Learning from Streaming Data when Users Choose
Jinyan Su, Sarah Dean
TL;DR
The paper studies learning in markets where streaming user data and user choice among services interact to create a non-stationary, feedback-driven distribution. It introduces Multi-learner Streaming Gradient Descent (MSGD), a decentralized algorithm that updates only the chosen model with the single-user loss while leveraging induced sub-populations for analysis. The authors prove that the overall loss $f(\Theta)$ converges almost surely and that the iterates converge to stationary points under standard stochastic optimization assumptions, and they validate the approach on Movielens-10M and census data, highlighting specialization versus global performance trade-offs.
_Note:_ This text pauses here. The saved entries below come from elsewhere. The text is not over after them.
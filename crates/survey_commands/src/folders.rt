//! The images that paths name.

use std::alloc::{AllocError, Global};
use std::io::ErrorKind;
use std::rt::Files;
use std::{fs, io};

// The end of an image's name.
const ENDING: &str = ".image";

/// Says why a folder has a row of its own.
#[derive(Clone, Copy, Drop)]
pub enum FolderFailure {
    /// It cannot be read.
    Unread(ErrorKind),
    /// It has names that are not UTF-8.
    Unnamed,
}

/// A path in a survey: of an image, or of a folder that cannot be read, or only in part.
#[derive(Drop)]
pub struct NamedPath {
    pub path: String,
    /// Says whether it is an image that was found in a folder.
    pub is_in_folder: bool,
    /// Says why the folder cannot be read, or only in part, if it is one.
    pub failure: Option<FolderFailure>,
}

/// Adds images.
pub fn add_images(
    alloc: Global,
    found: &FoundImages,
    all: &mut Vec<NamedPath>,
) -> Result<(), AllocError> {
    for path in &found.paths {
        all.push(NamedPath {
            path: String::from_str(alloc, path.as_str())?,
            is_in_folder: found.is_folder,
            failure: None,
        })?;
    }
    Ok(())
}

/// Adds a folder that cannot be read, or only in part.
pub fn add_folder(
    alloc: Global,
    path: &str,
    failure: FolderFailure,
    all: &mut Vec<NamedPath>,
) -> Result<(), AllocError> {
    all.push(NamedPath {
        path: String::from_str(alloc, path)?,
        is_in_folder: false,
        failure: Some(failure),
    })?;
    Ok(())
}

/// The images that a path names.
#[derive(Drop)]
pub struct FoundImages {
    pub paths: Vec<String>,
    /// Says whether the path is that of a folder.
    pub is_folder: bool,
    /// Says whether the folder has names that are not UTF-8. They name no file that can be opened
    /// here.
    pub has_unnamed: bool,
}

/// The images of a folder, in the order of their names.
fn images_in<R: Files + AllocGlobal + Clone + Drop>(
    rt: &R,
    folder: &str,
) -> io::Result<FoundImages> {
    let alloc = rt.alloc();
    let mut paths = Vec::new(alloc);
    let mut has_unnamed = false;
    for found in fs::read_dir(rt, folder)? {
        match found {
            Ok(found) => add_path(alloc, found.path().as_str(), &mut paths)?,
            Err(error) if error.kind() == ErrorKind::InvalidFilename => has_unnamed = true,
            Err(error) => return Err(error),
        }
    }
    paths.sort()?;
    Ok(FoundImages {
        paths,
        is_folder: true,
        has_unnamed,
    })
}

/// Adds the path of a file in a folder, if its name ends as an image's does.
fn add_path(alloc: Global, path: &str, paths: &mut Vec<String>) -> Result<(), AllocError> {
    if path.ends_with(ENDING) {
        paths.push(String::from_str(alloc, path)?)?;
    }
    Ok(())
}

/// One path.
fn one(alloc: Global, path: &str) -> Result<FoundImages, AllocError> {
    let mut paths = Vec::new(alloc);
    paths.push(String::from_str(alloc, path)?)?;
    Ok(FoundImages {
        paths,
        is_folder: false,
        has_unnamed: false,
    })
}

fn is_folder<R: Files>(rt: &R, path: &str) -> bool {
    match fs::metadata(rt, path) {
        Ok(metadata) => metadata.is_dir(),
        Err(_) => false,
    }
}

/// The images that a path names: those of a folder, or itself.
pub fn images<R: Files + AllocGlobal + Clone + Drop>(
    rt: &R,
    path: &str,
) -> io::Result<FoundImages> {
    if is_folder(rt, path) {
        return images_in(rt, path);
    }
    Ok(one(rt.alloc(), path)?)
}
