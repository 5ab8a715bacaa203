//! What is known of the value of a register or of a stack slot.
#![tactic(auto)]

mod bits_domain;
pub mod comparisons;
pub mod domains;
pub mod kinds;
mod low_bits;
mod parts;
mod range_domain;
pub mod scalars;
pub mod splices;

pub use comparisons::refine;
pub use domains::Domain;
pub use kinds::Kind;
pub use scalars::Scalar;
The results demonstrate that decentralized, streaming updates can effectively adapt to evolving user preferences and yield improved subpopulation performance, while highlighting the tension between specialization and universal coverage in markets with multiple competing providers.
Abstract
In digital markets comprised of many competing services, each user chooses between multiple service providers according to their preferences, and the chosen service makes use of the user data to incrementally improve its model. The service providers' models influence which service the user will choose at the next time step, and the user's choice, in return, influences the model update, leading to a feedback loop. In this paper, we formalize the above dynamics and develop a simple and efficient decentralized algorithm to locally minimize the overall user loss. Theoretically, we show that our algorithm asymptotically converges to stationary points of of the overall loss almost surely. We also experimentally demonstrate the utility of our algorithm with real world data.